(Exercise) Using the records below, filter for lines that contain the string "history" and copy them out.

(The input)
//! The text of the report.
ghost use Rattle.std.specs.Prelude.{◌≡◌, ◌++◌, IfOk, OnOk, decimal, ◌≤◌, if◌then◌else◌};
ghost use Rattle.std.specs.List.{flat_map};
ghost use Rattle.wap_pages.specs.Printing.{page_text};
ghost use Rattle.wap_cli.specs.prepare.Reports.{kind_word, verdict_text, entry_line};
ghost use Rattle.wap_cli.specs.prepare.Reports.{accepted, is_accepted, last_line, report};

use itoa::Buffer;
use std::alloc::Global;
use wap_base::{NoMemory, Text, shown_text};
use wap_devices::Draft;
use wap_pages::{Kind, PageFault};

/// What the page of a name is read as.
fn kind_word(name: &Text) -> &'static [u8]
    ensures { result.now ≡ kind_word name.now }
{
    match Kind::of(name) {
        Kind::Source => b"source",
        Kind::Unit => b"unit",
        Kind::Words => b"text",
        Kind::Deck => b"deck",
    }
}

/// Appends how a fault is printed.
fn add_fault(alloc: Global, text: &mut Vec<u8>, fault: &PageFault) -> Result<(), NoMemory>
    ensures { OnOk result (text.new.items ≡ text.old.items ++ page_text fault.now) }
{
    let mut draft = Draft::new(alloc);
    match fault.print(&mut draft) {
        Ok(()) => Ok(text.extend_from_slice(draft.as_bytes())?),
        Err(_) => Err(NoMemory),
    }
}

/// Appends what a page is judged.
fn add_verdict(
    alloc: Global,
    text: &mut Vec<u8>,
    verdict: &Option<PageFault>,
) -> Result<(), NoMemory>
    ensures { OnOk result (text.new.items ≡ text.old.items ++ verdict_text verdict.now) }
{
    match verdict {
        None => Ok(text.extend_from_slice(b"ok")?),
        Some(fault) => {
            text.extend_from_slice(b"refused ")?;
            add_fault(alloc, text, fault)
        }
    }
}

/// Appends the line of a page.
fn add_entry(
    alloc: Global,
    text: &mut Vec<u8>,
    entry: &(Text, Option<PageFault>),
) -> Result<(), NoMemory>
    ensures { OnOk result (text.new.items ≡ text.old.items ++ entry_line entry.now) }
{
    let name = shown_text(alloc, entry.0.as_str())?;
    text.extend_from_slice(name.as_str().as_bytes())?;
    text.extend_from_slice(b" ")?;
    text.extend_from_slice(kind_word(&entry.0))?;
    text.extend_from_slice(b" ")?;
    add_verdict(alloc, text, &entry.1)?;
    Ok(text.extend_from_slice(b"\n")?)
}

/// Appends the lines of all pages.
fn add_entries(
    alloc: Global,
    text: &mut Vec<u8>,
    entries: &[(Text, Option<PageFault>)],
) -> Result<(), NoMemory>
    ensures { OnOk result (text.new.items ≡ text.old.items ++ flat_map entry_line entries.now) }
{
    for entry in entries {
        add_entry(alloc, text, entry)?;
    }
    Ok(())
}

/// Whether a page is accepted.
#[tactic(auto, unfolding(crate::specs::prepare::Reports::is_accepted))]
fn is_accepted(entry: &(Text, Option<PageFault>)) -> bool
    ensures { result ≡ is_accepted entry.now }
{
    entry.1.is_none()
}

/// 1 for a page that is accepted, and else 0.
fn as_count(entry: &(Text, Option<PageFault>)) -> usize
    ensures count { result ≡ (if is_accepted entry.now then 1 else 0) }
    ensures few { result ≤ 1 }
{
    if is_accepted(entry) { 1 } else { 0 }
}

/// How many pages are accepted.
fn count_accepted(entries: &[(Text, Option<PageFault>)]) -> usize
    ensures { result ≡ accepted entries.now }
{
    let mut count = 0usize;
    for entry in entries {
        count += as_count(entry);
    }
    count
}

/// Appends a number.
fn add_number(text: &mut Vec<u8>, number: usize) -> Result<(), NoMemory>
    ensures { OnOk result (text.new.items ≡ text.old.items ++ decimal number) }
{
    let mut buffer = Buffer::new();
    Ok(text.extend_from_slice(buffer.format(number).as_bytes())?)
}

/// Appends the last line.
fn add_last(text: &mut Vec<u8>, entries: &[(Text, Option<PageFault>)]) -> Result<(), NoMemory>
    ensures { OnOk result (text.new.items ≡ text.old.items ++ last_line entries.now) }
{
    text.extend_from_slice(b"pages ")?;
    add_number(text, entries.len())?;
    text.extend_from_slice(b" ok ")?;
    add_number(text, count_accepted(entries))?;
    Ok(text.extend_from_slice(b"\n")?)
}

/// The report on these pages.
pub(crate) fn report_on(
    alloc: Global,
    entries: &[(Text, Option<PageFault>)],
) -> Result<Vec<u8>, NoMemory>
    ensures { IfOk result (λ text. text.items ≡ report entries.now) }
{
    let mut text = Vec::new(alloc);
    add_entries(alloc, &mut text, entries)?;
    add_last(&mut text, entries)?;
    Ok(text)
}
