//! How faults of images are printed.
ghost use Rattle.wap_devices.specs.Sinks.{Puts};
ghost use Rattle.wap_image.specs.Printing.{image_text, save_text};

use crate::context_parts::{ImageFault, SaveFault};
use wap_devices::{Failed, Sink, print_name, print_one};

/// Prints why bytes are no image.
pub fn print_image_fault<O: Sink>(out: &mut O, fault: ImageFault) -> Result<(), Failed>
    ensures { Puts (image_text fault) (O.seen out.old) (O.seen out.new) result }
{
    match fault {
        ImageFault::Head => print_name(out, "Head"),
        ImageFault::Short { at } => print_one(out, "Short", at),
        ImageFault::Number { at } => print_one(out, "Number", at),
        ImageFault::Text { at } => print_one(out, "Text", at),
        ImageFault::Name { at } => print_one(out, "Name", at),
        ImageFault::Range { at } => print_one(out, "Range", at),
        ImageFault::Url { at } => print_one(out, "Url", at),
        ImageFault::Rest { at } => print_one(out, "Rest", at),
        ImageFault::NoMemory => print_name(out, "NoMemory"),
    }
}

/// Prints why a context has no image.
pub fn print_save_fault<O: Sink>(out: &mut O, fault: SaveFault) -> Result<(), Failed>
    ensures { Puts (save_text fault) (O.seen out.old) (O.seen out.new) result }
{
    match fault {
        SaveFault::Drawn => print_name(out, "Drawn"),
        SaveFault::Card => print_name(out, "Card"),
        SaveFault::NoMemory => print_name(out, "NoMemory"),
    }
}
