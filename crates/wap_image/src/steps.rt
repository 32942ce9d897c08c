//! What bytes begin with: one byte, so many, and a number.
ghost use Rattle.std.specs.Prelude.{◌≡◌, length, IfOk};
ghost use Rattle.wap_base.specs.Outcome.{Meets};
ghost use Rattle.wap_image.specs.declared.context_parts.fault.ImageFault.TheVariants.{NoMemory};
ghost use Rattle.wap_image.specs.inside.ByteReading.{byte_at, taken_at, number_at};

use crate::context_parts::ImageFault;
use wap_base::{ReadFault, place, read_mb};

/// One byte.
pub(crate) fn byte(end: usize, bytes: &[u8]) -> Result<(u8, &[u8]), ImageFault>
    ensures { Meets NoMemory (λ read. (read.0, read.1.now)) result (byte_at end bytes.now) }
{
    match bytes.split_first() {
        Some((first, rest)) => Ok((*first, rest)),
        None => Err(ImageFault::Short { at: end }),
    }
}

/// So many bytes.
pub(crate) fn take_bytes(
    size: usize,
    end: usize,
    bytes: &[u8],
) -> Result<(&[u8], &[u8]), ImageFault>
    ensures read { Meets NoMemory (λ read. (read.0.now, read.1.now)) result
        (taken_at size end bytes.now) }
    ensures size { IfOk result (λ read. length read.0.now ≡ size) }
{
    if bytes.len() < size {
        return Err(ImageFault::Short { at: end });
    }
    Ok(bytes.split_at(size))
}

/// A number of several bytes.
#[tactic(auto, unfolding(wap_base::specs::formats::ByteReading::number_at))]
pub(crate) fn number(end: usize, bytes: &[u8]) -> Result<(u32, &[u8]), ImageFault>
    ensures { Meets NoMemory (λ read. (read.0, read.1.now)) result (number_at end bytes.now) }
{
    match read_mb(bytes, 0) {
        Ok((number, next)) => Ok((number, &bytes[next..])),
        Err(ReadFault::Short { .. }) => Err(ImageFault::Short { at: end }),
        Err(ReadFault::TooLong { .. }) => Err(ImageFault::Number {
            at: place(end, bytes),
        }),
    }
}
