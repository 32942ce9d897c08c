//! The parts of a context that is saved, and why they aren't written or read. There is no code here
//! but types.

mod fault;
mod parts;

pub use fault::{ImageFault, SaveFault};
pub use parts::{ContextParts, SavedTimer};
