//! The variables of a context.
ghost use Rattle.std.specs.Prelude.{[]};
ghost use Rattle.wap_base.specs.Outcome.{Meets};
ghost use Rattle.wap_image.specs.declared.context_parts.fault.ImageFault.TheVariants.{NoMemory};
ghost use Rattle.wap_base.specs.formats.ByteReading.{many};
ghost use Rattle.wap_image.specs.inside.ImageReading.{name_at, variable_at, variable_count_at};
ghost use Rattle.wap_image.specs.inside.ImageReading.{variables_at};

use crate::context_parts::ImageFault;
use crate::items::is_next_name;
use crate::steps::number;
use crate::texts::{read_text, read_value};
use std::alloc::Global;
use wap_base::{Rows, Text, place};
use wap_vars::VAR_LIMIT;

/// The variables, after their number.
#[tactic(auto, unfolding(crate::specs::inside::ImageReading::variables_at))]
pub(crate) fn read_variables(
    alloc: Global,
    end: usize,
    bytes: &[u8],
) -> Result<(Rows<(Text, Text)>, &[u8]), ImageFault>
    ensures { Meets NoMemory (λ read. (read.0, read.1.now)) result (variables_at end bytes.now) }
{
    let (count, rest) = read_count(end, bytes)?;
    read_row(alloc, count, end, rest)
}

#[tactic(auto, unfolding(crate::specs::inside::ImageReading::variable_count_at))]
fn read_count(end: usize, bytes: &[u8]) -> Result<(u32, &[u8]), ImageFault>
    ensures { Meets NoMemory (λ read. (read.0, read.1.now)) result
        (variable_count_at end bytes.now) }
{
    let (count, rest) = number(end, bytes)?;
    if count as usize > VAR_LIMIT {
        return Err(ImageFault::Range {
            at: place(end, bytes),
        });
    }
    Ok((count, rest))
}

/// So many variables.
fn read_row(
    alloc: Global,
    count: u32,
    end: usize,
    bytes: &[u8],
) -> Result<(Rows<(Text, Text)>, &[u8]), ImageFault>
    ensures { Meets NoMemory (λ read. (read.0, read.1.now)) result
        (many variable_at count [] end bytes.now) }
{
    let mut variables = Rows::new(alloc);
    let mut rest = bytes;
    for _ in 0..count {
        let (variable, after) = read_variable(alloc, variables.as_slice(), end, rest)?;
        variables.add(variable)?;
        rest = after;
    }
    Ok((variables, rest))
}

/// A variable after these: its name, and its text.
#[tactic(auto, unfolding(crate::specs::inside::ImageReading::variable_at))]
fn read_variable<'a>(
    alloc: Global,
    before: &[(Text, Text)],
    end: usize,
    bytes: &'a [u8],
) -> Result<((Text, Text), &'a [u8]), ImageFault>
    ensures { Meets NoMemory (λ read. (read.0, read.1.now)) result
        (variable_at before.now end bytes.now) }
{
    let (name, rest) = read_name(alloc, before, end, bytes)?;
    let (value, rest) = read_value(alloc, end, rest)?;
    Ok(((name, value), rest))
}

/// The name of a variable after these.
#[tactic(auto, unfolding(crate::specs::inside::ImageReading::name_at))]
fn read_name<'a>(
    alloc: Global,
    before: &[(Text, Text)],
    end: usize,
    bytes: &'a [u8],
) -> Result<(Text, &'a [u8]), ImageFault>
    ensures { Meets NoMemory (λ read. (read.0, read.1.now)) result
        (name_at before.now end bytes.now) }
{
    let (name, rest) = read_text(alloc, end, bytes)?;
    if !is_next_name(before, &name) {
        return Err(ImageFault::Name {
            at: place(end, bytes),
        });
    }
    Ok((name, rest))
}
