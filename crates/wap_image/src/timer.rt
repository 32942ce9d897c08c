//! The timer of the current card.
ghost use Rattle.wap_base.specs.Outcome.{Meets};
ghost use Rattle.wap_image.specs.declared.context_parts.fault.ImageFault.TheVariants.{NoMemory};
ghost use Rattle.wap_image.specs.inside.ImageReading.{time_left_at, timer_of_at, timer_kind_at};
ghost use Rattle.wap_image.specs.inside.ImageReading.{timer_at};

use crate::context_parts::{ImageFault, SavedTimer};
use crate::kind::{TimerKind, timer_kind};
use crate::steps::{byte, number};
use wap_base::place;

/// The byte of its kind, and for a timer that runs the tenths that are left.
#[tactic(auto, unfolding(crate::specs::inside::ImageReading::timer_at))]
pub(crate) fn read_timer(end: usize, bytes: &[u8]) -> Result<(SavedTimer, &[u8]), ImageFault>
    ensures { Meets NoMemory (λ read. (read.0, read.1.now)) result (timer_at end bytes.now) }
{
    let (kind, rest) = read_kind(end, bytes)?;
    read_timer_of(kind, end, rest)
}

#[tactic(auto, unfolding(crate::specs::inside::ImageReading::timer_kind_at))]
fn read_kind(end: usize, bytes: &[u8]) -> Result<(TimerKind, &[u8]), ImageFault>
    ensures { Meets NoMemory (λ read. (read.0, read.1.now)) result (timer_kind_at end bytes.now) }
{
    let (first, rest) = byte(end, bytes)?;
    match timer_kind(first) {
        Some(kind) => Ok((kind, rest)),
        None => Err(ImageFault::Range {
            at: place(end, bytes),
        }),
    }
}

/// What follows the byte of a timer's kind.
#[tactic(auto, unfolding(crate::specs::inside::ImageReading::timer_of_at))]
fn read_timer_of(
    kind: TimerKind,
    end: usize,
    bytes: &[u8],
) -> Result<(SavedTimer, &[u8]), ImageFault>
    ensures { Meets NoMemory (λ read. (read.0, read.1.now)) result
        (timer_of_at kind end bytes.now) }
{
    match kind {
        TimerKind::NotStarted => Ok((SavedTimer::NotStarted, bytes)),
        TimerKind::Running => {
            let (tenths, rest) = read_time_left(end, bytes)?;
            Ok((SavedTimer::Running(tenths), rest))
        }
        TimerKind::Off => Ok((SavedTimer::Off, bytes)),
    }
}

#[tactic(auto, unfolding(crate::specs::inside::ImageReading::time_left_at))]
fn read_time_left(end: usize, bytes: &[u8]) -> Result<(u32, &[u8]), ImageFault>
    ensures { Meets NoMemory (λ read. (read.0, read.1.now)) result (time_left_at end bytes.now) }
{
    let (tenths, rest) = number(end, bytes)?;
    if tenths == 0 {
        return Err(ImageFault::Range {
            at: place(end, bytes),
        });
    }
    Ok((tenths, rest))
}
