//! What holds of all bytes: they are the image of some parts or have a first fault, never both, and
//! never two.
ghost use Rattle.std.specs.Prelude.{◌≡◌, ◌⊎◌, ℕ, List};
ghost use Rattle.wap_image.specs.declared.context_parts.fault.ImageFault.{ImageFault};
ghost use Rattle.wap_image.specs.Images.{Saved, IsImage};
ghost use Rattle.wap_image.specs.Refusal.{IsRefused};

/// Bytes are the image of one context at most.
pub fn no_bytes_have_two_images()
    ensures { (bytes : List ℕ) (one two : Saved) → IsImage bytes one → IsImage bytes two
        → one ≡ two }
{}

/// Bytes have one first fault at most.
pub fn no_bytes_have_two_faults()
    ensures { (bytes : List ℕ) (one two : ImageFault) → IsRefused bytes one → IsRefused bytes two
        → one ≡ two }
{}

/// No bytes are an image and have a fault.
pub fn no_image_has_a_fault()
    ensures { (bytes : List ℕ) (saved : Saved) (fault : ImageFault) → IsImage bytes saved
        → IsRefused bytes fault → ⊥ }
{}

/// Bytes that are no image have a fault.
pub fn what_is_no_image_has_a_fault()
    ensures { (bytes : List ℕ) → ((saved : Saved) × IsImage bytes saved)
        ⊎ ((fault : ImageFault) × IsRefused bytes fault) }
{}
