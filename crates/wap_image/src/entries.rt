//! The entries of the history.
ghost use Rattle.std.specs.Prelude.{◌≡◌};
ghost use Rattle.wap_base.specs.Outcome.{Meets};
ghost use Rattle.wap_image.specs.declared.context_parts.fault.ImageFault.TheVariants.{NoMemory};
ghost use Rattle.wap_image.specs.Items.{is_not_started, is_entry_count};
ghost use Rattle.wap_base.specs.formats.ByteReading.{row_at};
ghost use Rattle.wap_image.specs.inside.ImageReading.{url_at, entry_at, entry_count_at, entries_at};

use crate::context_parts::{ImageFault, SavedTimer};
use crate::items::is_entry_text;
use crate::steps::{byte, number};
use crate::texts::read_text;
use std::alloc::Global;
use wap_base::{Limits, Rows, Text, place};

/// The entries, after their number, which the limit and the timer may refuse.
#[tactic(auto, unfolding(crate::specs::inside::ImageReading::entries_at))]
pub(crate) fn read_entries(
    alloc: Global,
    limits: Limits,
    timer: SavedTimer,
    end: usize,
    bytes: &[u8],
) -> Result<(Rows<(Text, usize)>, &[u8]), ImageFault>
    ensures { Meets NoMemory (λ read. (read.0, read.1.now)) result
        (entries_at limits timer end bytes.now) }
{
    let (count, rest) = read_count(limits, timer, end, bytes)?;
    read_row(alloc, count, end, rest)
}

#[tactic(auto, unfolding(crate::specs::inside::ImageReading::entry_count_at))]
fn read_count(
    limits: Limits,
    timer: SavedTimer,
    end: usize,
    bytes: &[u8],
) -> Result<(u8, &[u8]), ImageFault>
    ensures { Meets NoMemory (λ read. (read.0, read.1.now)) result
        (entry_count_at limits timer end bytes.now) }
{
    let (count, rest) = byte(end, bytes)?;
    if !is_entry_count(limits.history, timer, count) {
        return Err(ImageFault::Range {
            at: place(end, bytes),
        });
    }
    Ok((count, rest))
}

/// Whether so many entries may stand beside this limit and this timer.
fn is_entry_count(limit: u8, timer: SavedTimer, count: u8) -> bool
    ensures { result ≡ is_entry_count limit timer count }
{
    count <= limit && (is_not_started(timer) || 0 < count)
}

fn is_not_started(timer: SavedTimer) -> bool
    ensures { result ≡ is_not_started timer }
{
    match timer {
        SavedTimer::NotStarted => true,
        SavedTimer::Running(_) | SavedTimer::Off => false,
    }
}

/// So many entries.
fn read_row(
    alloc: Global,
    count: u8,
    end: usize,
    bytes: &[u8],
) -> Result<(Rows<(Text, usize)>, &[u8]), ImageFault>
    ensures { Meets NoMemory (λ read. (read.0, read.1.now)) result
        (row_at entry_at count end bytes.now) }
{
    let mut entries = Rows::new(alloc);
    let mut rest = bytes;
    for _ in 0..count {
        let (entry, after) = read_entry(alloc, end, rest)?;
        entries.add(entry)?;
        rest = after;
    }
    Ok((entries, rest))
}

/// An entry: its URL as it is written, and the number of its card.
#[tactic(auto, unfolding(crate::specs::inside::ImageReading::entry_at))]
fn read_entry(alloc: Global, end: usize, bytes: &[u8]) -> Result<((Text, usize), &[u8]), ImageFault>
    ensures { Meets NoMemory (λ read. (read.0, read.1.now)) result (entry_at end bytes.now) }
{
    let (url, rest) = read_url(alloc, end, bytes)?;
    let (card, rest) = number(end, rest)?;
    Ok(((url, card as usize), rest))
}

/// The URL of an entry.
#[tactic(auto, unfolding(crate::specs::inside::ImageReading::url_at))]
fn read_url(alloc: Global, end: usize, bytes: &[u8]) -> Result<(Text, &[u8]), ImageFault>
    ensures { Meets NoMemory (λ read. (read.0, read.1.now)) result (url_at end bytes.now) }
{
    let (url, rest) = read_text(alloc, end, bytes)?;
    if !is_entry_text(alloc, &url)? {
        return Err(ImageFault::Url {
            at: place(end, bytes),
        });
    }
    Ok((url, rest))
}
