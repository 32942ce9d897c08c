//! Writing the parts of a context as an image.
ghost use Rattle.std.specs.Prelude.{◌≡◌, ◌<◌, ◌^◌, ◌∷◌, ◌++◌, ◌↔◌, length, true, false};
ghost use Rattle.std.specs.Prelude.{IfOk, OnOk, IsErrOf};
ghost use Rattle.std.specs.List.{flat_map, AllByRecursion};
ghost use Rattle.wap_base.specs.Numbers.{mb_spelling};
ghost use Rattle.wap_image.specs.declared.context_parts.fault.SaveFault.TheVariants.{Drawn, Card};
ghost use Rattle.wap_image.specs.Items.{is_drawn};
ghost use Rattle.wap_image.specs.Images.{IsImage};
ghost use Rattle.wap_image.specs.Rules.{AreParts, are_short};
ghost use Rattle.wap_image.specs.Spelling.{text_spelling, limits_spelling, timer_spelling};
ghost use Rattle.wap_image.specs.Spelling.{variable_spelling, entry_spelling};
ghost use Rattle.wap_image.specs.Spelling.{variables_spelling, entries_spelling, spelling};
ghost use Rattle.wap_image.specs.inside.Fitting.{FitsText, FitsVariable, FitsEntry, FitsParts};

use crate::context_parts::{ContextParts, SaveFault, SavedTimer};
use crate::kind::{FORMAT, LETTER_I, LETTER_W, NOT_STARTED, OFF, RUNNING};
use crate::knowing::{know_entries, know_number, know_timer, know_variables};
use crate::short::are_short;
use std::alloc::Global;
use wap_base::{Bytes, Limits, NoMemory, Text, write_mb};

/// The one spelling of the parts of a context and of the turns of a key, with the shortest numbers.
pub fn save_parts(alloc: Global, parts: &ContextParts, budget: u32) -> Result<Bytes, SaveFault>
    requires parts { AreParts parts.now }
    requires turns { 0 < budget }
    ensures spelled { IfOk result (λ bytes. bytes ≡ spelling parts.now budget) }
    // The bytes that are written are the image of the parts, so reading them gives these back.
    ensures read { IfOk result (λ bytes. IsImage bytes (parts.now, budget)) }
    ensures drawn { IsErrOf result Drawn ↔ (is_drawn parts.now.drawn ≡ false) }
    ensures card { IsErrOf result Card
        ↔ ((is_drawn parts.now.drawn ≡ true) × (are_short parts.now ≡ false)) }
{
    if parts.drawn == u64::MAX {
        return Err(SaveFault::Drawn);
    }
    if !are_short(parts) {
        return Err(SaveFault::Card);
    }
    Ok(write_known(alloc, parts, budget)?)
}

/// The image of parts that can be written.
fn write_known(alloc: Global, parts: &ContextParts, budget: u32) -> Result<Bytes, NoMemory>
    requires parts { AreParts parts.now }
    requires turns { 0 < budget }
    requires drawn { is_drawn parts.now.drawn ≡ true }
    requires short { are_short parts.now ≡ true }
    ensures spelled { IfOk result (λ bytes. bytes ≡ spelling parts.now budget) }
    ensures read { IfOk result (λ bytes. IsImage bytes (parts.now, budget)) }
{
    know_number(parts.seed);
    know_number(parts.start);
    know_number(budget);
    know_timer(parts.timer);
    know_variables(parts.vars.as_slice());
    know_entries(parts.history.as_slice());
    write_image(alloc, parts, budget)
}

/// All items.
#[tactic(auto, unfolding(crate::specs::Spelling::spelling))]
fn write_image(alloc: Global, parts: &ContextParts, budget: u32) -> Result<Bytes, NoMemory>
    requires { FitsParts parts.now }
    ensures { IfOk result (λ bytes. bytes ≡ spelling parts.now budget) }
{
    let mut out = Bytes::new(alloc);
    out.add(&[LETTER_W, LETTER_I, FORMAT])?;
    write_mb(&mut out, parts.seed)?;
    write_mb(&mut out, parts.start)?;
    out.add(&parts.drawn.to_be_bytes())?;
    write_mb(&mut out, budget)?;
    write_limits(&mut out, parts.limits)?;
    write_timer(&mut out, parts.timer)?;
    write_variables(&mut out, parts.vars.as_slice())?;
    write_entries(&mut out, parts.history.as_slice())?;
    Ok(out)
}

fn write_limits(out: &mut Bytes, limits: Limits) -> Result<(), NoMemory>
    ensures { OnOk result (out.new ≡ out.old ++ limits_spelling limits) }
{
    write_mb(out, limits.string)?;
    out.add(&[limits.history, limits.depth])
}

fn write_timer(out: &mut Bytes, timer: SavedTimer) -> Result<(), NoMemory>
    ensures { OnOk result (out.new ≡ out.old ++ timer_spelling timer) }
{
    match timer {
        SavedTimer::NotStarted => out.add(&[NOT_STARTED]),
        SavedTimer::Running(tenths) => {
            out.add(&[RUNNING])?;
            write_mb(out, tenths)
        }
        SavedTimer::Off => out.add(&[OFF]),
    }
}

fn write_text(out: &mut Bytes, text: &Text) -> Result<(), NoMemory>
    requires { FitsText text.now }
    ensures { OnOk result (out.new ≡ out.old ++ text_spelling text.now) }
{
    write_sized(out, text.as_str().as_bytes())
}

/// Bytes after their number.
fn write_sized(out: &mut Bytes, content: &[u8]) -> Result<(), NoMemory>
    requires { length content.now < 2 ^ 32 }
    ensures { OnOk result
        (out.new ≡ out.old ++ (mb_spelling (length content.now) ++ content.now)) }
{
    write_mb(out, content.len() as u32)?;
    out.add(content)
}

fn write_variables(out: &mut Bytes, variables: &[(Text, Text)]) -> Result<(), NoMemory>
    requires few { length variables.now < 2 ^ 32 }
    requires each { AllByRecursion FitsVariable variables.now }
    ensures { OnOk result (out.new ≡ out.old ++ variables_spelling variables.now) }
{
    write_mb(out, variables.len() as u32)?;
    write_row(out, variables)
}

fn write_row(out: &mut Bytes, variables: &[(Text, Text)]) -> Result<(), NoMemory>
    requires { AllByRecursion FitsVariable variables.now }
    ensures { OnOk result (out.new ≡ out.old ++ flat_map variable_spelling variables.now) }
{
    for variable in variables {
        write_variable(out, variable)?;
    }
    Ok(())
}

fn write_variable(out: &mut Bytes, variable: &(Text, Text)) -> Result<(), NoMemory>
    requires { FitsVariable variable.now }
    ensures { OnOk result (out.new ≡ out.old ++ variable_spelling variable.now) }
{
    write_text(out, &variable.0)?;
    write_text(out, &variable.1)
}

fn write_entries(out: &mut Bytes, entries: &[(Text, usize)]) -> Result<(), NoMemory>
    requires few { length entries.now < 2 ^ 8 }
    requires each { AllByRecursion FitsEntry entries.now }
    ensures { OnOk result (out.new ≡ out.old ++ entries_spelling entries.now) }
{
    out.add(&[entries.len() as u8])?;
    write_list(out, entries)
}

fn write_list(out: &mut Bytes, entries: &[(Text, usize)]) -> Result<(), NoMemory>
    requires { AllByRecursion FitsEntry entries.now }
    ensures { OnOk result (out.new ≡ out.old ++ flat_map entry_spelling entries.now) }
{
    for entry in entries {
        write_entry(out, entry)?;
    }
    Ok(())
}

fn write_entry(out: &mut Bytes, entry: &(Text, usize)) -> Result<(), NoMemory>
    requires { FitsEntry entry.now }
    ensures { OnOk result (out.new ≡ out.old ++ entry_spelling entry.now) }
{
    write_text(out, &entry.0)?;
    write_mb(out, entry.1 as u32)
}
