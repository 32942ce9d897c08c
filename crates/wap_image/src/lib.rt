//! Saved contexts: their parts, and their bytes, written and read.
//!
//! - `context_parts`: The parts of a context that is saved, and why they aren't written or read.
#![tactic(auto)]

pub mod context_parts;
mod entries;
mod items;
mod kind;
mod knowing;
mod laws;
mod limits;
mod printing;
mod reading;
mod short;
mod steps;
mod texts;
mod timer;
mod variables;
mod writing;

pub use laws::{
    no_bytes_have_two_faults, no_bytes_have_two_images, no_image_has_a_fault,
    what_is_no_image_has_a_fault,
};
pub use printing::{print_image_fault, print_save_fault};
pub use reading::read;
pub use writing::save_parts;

(Result)
//! The entries of the history.
    if !is_entry_count(limits.history, timer, count) {
    know_entries(parts.history.as_slice());
    write_entries(&mut out, parts.history.as_slice())?;
    out.add(&[limits.history, limits.depth])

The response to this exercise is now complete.